• [RECORDS FOR PROCESSING]
────────────────

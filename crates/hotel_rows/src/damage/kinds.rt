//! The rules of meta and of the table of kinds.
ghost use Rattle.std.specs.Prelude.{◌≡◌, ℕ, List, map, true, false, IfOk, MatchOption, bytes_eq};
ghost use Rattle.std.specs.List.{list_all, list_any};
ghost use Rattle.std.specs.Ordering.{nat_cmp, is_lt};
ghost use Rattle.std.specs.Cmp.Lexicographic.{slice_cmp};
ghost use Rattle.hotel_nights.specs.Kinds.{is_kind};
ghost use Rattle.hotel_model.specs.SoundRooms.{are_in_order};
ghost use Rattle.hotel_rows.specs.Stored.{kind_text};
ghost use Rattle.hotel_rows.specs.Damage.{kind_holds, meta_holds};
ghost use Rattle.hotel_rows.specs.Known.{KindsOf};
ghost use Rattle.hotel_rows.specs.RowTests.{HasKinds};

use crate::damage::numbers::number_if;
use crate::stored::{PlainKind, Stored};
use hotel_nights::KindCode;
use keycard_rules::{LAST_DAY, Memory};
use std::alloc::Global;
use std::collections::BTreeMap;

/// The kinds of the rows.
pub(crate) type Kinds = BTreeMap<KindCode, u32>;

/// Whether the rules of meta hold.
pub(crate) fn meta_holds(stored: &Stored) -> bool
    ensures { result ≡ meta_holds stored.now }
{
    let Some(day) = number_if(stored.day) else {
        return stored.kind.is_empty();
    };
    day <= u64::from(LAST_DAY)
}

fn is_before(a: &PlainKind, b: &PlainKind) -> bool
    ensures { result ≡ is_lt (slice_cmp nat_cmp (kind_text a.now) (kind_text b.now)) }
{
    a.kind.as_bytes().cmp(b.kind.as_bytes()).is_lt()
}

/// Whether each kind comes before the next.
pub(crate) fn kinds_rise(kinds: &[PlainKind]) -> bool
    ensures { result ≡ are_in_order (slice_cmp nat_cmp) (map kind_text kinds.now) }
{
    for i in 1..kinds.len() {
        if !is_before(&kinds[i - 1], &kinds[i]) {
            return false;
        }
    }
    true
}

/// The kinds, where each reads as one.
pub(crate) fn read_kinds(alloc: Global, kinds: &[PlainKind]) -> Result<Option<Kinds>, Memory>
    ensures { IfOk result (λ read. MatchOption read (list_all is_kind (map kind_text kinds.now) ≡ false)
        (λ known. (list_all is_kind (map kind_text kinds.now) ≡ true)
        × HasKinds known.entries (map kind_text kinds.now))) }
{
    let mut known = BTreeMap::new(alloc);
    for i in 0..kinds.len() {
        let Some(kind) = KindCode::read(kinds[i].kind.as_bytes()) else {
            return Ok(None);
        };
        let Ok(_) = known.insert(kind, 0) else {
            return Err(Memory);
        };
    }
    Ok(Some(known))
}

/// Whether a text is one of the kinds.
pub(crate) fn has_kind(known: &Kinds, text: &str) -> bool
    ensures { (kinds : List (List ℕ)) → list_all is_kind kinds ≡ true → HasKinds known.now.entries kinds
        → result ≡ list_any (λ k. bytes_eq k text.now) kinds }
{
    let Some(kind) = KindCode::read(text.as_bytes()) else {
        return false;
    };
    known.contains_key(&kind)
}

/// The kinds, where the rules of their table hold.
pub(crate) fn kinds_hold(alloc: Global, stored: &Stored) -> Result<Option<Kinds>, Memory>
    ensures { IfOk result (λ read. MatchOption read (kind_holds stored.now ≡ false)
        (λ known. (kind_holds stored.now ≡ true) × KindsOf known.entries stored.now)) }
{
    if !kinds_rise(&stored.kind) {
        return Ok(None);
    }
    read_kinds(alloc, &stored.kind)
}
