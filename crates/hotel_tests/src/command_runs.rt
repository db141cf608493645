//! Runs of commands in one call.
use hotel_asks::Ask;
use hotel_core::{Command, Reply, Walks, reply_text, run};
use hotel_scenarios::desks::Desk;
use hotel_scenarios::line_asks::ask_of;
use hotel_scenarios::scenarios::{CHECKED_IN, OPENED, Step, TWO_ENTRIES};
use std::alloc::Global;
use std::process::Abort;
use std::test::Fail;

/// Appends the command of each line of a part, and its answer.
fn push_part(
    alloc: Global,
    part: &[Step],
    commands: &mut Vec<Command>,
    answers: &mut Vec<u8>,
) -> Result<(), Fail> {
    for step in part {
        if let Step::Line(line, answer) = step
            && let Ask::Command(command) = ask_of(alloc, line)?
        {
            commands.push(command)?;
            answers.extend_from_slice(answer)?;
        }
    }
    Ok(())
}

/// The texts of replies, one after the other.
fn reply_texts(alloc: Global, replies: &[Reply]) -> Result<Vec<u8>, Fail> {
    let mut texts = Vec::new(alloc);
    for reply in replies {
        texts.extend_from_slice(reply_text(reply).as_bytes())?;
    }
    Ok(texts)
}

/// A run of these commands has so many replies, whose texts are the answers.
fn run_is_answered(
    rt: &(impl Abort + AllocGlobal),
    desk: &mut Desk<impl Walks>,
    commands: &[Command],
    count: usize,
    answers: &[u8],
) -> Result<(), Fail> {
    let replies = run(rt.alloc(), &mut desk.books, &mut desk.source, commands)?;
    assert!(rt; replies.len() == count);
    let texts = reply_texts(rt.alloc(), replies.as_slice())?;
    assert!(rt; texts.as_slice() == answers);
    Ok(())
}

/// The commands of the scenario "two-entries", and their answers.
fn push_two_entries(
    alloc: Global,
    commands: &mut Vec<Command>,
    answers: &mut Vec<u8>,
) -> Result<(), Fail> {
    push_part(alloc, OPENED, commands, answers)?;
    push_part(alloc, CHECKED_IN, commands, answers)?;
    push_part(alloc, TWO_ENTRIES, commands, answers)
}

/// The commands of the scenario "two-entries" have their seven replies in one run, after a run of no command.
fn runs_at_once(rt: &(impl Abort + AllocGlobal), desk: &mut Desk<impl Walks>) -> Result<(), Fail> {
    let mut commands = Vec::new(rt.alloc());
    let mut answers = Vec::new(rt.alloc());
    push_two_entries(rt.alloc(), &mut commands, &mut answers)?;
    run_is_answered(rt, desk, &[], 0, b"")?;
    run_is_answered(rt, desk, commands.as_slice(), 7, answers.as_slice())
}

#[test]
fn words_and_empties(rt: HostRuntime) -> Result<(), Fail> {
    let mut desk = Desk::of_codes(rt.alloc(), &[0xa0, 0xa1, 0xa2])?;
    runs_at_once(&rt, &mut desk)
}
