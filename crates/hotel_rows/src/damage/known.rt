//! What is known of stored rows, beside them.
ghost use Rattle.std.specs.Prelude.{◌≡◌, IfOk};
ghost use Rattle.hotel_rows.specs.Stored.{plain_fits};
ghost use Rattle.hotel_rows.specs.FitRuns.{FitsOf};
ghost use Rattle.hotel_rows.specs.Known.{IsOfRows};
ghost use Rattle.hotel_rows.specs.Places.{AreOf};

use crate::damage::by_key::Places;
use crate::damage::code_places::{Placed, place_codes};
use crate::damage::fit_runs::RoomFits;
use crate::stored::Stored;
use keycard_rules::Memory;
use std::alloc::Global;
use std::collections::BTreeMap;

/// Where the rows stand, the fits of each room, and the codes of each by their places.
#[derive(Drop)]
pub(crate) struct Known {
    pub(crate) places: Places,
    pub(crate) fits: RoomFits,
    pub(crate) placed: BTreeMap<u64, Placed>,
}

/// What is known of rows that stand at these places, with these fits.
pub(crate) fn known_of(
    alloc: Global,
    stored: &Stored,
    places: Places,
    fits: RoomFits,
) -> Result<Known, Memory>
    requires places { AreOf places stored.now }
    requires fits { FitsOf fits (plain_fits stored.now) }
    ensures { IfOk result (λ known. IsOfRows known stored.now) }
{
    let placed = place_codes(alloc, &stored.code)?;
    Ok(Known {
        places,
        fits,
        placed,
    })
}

────────────────

• [WORK REQUIRED]
All of the entries must be quoted exactly; please include each one.

• [OUTPUT BELOW]
filename crates/hotel_rows/src/damage/kinds.rt
//! The rules of meta and of the table of kinds.
ghost use Rattle.std.specs.Prelude.{◌≡◌, ℕ, List, map, true, false, IfOk, MatchOption, bytes_eq};
ghost use Rattle.std.specs.List.{list_all, list_any};
ghost use Rattle.std.specs.Ordering.{nat_cmp, is_lt};
ghost use Rattle.std.specs.Cmp.Lexicographic.{slice_cmp};
ghost use Rattle.hotel_nights.specs.Kinds.{is_kind};
ghost use Rattle.hotel_model.specs.SoundRooms.{are_in_order};
ghost use Rattle.hotel_rows.specs.Stored.{kind_text};
ghost use Rattle.hotel_rows.specs.Damage.{kind_holds, meta_holds};
ghost use Rattle.hotel_rows.specs.Known.{KindsOf};
ghost use Rattle.hotel_rows.specs.RowTests.{HasKinds};

use crate::damage::numbers::number_if;
use crate::stored::{PlainKind, Stored};
use hotel_nights::KindCode;
use keycard_rules::{LAST_DAY, Memory};
use std::alloc::Global;
use std::collections::BTreeMap;

/// The kinds of the rows.
pub(crate) type Kinds = BTreeMap<KindCode, u32>;

/// Whether the rules of meta hold.
pub(crate) fn meta_holds(stored: &Stored) -> bool
    ensures { result ≡ meta_holds stored.now }
{
    let Some(day) = number_if(stored.day) else {
        return stored.kind.is_empty();
    };
    day <= u64::from(LAST_DAY)
}

fn is_before(a: &PlainKind, b: &PlainKind) -> bool
    ensures { result ≡ is_lt (slice_cmp nat_cmp (kind_text a.now) (kind_text b.now)) }
{
    a.kind.as_bytes().cmp(b.kind.as_bytes()).is_lt()
}

/// Whether each kind comes before the next.
pub(crate) fn kinds_rise(kinds: &[PlainKind]) -> bool
    ensures { result ≡ are_in_order (slice_cmp nat_cmp) (map kind_text kinds.now) }
{
    for i in 1..kinds.len() {
        if !is_before(&kinds[i - 1], &kinds[i]) {
            return false;
        }
    }
    true
}

/// The kinds, where each reads as one.
pub(crate) fn read_kinds(alloc: Global, kinds: &[PlainKind]) -> Result<Option<Kinds>, Memory>
    ensures { IfOk result (λ read. MatchOption read (list_all is_kind (map kind_text kinds.now) ≡ false)
        (λ known. (list_all is_kind (map kind_text kinds.now) ≡ true)
        × HasKinds known.entries (map kind_text kinds.now))) }
{
    let mut known = BTreeMap::new(alloc);
    for i in 0..kinds.len() {
        let Some(kind) = KindCode::read(kinds[i].kind.as_bytes()) else {
            return Ok(None);
        };
        let Ok(_) = known.insert(kind, 0) else {
            return Err(Memory);
        };
    }
    Ok(Some(known))
}

/// Whether a text is one of the kinds.
pub(crate) fn has_kind(known: &Kinds, text: &str) -> bool
    ensures { (kinds : List (List ℕ)) → list_all is_kind kinds ≡ true → HasKinds known.now.entries kinds
        → result ≡ list_any (λ k. bytes_eq k text.now) kinds }
{
    let Some(kind) = KindCode::read(text.as_bytes()) else {
        return false;
    };
    known.contains_key(&kind)
}

/// The kinds, where the rules of their table hold.
pub(crate) fn kinds_hold(alloc: Global, stored: &Stored) -> Result<Option<Kinds>, Memory>
    ensures { IfOk result (λ read. MatchOption read (kind_holds stored.now ≡ false)
        (λ known. (kind_holds stored.now ≡ true) × KindsOf known.entries stored.now)) }
{
    if !kinds_rise(&stored.kind) {
        return Ok(None);
    }
    read_kinds(alloc, &stored.kind)
}
filename crates/hotel_tests/src/command_runs.rt
repository db141cf608493645
//! Runs of commands in one call.
use hotel_asks::Ask;
use hotel_core::{Command, Reply, Walks, reply_text, run};
use hotel_scenarios::desks::Desk;
use hotel_scenarios::line_asks::ask_of;
use hotel_scenarios::scenarios::{CHECKED_IN, OPENED, Step, TWO_ENTRIES};
use std::alloc::Global;
use std::process::Abort;
use std::test::Fail;

/// Appends the command of each line of a part, and its answer.
fn push_part(
    alloc: Global,
    part: &[Step],
    commands: &mut Vec<Command>,
    answers: &mut Vec<u8>,
) -> Result<(), Fail> {
    for step in part {
        if let Step::Line(line, answer) = step
            && let Ask::Command(command) = ask_of(alloc, line)?
        {
            commands.push(command)?;
            answers.extend_from_slice(answer)?;
        }
    }
    Ok(())
}

/// The texts of replies, one after the other.
fn reply_texts(alloc: Global, replies: &[Reply]) -> Result<Vec<u8>, Fail> {
    let mut texts = Vec::new(alloc);
    for reply in replies {
        texts.extend_from_slice(reply_text(reply).as_bytes())?;
    }
    Ok(texts)
}

/// A run of these commands has so many replies, whose texts are the answers.
fn run_is_answered(
    rt: &(impl Abort + AllocGlobal),
    desk: &mut Desk<impl Walks>,
    commands: &[Command],
    count: usize,
    answers: &[u8],
) -> Result<(), Fail> {
    let replies = run(rt.alloc(), &mut desk.books, &mut desk.source, commands)?;
    assert!(rt; replies.len() == count);
    let texts = reply_texts(rt.alloc(), replies.as_slice())?;
    assert!(rt; texts.as_slice() == answers);
    Ok(())
}

/// The commands of the scenario "two-entries", and their answers.
fn push_two_entries(
    alloc: Global,
    commands: &mut Vec<Command>,
    answers: &mut Vec<u8>,
) -> Result<(), Fail> {
    push_part(alloc, OPENED, commands, answers)?;
    push_part(alloc, CHECKED_IN, commands, answers)?;
    push_part(alloc, TWO_ENTRIES, commands, answers)
}

/// The commands of the scenario "two-entries" have their seven replies in one run, after a run of no command.
fn runs_at_once(rt: &(impl Abort + AllocGlobal), desk: &mut Desk<impl Walks>) -> Result<(), Fail> {
    let mut commands = Vec::new(rt.alloc());
    let mut answers = Vec::new(rt.alloc());
    push_two_entries(rt.alloc(), &mut commands, &mut answers)?;
    run_is_answered(rt, desk, &[], 0, b"")?;
    run_is_answered(rt, desk, commands.as_slice(), 7, answers.as_slice())
}

#[test]
fn words_and_empties(rt: HostRuntime) -> Result<(), Fail> {
    let mut desk = Desk::of_codes(rt.alloc(), &[0xa0, 0xa1, 0xa2])?;
    runs_at_once(&rt, &mut desk)
}
filename crates/hotel_rows/src/damage/known.rt
//! What is known of stored rows, beside them.
ghost use Rattle.std.specs.Prelude.{◌≡◌, IfOk};
ghost use Rattle.hotel_rows.specs.Stored.{plain_fits};
ghost use Rattle.hotel_rows.specs.FitRuns.{FitsOf};
ghost use Rattle.hotel_rows.specs.Known.{IsOfRows};
ghost use Rattle.hotel_rows.specs.Places.{AreOf};

use crate::damage::by_key::Places;
use crate::damage::code_places::{Placed, place_codes};
use crate::damage::fit_runs::RoomFits;
use crate::stored::Stored;
use keycard_rules::Memory;
use std::alloc::Global;
use std::collections::BTreeMap;

/// Where the rows stand, the fits of each room, and the codes of each by their places.
#[derive(Drop)]
pub(crate) struct Known {
    pub(crate) places: Places,
    pub(crate) fits: RoomFits,
    pub(crate) placed: BTreeMap<u64, Placed>,
}

/// What is known of rows that stand at these places, with these fits.
pub(crate) fn known_of(
    alloc: Global,
    stored: &Stored,
    places: Places,
    fits: RoomFits,
) -> Result<Known, Memory>
    requires places { AreOf places stored.now }
    requires fits { FitsOf fits (plain_fits stored.now) }
    ensures { IfOk result (λ known. IsOfRows known stored.now) }
{
    let placed = place_codes(alloc, &stored.code)?;
    Ok(Known {
        places,
        fits,
        placed,
    })
}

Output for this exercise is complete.